#### GIVEN RECORDS:
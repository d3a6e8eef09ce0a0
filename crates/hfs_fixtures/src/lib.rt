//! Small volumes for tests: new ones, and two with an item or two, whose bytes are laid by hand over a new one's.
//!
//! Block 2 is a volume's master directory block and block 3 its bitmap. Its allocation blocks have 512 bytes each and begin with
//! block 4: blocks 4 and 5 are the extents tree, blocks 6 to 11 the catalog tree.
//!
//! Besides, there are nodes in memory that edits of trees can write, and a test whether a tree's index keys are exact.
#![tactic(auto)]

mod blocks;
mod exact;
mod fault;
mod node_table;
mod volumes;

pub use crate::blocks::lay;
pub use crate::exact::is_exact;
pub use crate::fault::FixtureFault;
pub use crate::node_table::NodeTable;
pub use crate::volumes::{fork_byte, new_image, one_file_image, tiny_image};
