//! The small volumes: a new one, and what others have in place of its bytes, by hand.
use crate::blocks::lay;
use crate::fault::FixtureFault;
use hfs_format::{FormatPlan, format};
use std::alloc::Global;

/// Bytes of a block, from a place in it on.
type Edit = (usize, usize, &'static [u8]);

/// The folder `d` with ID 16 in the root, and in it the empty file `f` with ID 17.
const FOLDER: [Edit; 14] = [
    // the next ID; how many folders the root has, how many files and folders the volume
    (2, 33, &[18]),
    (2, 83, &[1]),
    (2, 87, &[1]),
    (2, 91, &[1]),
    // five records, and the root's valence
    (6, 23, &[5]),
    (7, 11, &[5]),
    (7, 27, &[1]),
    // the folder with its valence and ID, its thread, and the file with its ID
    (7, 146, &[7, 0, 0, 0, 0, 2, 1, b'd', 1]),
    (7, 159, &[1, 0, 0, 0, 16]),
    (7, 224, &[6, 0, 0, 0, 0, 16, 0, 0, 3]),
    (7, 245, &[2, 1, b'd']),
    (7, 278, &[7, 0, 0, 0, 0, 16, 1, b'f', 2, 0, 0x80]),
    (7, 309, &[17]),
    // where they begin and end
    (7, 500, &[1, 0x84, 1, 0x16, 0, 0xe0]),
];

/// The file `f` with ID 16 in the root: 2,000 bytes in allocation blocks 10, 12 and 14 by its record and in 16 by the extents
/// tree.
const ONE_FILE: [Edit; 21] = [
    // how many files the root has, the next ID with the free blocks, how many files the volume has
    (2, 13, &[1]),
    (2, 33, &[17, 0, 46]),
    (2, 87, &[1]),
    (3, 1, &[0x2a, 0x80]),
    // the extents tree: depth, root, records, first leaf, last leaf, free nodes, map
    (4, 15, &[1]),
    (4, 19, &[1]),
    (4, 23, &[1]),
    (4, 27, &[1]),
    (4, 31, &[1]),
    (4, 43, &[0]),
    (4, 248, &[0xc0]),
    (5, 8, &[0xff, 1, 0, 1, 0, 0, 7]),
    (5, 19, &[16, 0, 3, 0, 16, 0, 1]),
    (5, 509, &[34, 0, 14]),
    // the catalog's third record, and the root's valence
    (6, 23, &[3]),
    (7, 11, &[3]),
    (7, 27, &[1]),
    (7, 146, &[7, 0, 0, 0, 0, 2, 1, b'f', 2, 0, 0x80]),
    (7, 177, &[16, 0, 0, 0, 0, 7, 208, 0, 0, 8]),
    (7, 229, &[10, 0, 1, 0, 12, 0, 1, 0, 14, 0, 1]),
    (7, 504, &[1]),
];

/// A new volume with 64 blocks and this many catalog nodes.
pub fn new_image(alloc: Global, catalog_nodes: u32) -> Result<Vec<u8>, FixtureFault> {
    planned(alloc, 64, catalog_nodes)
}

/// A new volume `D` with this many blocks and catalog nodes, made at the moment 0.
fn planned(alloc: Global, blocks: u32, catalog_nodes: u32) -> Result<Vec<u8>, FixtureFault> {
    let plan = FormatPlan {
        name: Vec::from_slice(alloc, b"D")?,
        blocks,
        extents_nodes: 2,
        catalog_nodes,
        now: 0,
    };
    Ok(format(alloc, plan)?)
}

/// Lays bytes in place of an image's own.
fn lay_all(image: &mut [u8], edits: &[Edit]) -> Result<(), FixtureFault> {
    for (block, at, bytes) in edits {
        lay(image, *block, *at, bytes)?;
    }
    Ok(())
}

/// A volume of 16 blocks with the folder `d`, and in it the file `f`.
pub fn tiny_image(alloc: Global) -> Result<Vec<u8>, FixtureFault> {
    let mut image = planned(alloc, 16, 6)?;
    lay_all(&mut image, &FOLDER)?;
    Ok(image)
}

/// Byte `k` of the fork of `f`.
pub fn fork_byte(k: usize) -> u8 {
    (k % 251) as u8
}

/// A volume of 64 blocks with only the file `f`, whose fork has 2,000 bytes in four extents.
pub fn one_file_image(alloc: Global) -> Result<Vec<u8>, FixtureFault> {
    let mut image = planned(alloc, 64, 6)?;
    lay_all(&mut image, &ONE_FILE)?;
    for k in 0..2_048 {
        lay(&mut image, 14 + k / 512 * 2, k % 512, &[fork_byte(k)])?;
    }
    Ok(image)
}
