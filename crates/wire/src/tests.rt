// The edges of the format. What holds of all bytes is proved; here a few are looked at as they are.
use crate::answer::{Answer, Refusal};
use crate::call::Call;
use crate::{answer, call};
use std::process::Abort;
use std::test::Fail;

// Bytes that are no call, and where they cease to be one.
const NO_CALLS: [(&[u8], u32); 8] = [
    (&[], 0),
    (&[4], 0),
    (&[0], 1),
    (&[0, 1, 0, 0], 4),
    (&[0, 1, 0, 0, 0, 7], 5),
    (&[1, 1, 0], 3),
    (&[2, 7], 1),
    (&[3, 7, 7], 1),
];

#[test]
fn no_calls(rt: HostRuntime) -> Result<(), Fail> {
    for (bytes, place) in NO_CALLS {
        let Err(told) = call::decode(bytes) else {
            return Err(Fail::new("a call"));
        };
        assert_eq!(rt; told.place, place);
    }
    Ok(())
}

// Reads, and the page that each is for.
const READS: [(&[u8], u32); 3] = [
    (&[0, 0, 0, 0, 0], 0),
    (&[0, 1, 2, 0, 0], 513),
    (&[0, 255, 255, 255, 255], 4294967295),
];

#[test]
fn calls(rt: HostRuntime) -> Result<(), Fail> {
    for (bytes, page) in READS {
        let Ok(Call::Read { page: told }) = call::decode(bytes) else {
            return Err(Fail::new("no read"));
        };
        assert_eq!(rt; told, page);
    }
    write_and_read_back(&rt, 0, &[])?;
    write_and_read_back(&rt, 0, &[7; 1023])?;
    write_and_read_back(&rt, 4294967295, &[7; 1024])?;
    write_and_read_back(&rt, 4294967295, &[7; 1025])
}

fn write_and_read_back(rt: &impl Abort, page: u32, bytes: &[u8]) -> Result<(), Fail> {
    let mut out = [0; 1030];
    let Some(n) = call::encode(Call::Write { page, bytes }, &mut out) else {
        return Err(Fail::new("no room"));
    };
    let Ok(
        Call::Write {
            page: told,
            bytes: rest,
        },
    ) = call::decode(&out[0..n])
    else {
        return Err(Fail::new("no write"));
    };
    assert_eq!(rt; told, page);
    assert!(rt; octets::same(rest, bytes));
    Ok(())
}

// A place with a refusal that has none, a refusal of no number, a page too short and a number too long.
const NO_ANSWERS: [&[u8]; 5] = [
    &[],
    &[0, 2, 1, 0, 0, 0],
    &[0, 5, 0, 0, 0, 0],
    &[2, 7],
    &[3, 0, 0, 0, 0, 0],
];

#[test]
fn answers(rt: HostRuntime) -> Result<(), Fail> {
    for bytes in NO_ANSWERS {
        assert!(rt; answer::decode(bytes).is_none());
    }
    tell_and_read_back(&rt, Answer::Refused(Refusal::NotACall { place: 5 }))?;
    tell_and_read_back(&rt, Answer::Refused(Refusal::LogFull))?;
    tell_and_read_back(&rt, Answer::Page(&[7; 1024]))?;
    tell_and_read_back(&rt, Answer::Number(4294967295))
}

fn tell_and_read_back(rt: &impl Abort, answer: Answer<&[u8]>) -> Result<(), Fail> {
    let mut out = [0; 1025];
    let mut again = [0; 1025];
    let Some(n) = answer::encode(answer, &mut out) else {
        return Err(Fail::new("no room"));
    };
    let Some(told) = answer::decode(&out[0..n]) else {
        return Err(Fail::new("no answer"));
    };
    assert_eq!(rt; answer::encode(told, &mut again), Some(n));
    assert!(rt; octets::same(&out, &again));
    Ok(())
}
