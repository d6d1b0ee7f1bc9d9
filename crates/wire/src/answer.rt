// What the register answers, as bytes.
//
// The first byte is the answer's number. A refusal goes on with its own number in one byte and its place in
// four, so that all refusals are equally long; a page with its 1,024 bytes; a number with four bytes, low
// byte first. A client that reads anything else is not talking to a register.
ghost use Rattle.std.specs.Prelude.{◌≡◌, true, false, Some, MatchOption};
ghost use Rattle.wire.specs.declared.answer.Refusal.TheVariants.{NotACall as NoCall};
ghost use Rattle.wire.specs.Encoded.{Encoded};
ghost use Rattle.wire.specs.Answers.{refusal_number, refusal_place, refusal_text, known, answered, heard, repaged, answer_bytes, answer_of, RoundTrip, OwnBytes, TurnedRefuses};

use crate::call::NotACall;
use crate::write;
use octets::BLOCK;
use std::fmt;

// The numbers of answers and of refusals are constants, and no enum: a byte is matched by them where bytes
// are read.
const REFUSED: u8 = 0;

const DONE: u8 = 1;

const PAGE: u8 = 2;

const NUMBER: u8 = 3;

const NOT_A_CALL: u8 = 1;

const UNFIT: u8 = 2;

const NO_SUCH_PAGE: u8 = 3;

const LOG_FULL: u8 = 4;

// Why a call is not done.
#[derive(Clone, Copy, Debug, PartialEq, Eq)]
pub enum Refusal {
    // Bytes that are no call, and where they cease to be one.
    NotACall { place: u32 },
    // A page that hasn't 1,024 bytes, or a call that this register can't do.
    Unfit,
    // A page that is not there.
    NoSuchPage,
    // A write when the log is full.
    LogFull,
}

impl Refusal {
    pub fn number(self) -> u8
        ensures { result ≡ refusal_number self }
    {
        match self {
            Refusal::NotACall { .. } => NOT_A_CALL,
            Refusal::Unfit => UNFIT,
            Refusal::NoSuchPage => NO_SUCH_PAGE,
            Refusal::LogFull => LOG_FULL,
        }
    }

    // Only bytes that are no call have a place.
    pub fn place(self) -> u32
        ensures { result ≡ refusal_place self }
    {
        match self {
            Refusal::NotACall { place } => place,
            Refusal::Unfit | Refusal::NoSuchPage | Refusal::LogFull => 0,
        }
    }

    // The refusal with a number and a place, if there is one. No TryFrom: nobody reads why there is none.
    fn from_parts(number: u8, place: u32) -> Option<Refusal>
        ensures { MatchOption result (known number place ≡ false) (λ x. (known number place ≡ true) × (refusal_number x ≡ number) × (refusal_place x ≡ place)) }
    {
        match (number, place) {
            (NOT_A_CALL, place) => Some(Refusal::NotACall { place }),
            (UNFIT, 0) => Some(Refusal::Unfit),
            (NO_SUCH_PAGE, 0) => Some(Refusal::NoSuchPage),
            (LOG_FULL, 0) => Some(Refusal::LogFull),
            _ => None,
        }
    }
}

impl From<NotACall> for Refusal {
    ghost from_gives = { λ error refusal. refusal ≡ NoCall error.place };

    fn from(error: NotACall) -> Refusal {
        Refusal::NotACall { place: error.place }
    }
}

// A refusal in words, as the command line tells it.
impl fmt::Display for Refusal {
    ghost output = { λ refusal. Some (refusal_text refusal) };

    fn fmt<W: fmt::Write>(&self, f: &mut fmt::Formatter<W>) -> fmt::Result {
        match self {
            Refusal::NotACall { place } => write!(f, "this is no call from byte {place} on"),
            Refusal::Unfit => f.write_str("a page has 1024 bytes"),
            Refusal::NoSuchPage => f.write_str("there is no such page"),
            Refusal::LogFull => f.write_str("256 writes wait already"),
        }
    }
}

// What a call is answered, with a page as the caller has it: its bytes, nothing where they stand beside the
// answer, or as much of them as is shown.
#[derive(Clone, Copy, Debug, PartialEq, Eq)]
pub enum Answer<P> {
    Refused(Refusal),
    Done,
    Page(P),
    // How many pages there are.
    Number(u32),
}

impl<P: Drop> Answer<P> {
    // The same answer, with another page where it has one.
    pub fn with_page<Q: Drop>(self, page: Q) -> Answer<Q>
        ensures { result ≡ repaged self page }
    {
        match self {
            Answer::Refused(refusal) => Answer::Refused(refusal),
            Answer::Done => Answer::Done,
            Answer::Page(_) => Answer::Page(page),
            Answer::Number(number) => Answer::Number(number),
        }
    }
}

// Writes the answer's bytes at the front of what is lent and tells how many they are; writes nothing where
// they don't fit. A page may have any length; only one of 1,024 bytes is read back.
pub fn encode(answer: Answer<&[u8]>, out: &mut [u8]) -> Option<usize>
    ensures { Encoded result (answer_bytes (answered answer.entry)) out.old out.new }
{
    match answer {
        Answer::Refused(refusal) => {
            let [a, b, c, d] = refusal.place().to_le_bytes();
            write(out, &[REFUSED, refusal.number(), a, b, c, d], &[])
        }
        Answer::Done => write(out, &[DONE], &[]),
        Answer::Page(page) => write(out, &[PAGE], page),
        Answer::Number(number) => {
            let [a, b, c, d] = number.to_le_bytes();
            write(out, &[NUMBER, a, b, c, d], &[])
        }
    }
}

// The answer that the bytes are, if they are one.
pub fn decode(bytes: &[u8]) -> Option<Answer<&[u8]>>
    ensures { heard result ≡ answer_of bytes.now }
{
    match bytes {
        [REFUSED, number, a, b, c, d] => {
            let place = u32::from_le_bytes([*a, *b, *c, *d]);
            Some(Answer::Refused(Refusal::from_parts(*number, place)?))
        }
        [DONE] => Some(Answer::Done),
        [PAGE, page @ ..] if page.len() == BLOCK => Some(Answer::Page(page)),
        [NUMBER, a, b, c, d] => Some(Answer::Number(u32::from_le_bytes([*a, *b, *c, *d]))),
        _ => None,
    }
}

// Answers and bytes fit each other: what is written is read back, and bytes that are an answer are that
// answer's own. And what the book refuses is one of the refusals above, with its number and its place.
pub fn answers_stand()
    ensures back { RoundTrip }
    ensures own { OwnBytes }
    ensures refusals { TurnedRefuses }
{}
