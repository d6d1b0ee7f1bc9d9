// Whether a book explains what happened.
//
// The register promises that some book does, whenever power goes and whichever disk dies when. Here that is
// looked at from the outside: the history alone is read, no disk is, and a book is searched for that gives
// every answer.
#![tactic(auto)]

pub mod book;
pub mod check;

#### PROBLEM REQUIREMENTS:
Set every line down again exactly. Begin with the first line of the entries and finish with the line containing "const FOLDER: [Edit;".

#### RESPONSE TO THE EXERCISE:
repository d3a6e8eef09ce0a0
filename crates/hfs_fixtures/src/lib.rt
//! Small volumes for tests: new ones, and two with an item or two, whose bytes are laid by hand over a new one's.
//!
//! Block 2 is a volume's master directory block and block 3 its bitmap. Its allocation blocks have 512 bytes each and begin with
//! block 4: blocks 4 and 5 are the extents tree, blocks 6 to 11 the catalog tree.
//!
//! Besides, there are nodes in memory that edits of trees can write, and a test whether a tree's index keys are exact.
#![tactic(auto)]

mod blocks;
mod exact;
mod fault;
mod node_table;
mod volumes;

pub use crate::blocks::lay;
pub use crate::exact::is_exact;
pub use crate::fault::FixtureFault;
pub use crate::node_table::NodeTable;
pub use crate::volumes::{fork_byte, new_image, one_file_image, tiny_image};
//! The small volumes: a new one, and what others have in place of its bytes, by hand.
use crate::blocks::lay;
use crate::fault::FixtureFault;
use hfs_format::{FormatPlan, format};
use std::alloc::Global;

/// Bytes of a block, from a place in it on.
type Edit = (usize, usize, &'static [u8]);

/// The folder `d` with ID 16 in the root, and in it the empty file `f` with ID 17.
const FOLDER: [Edit; 14] = [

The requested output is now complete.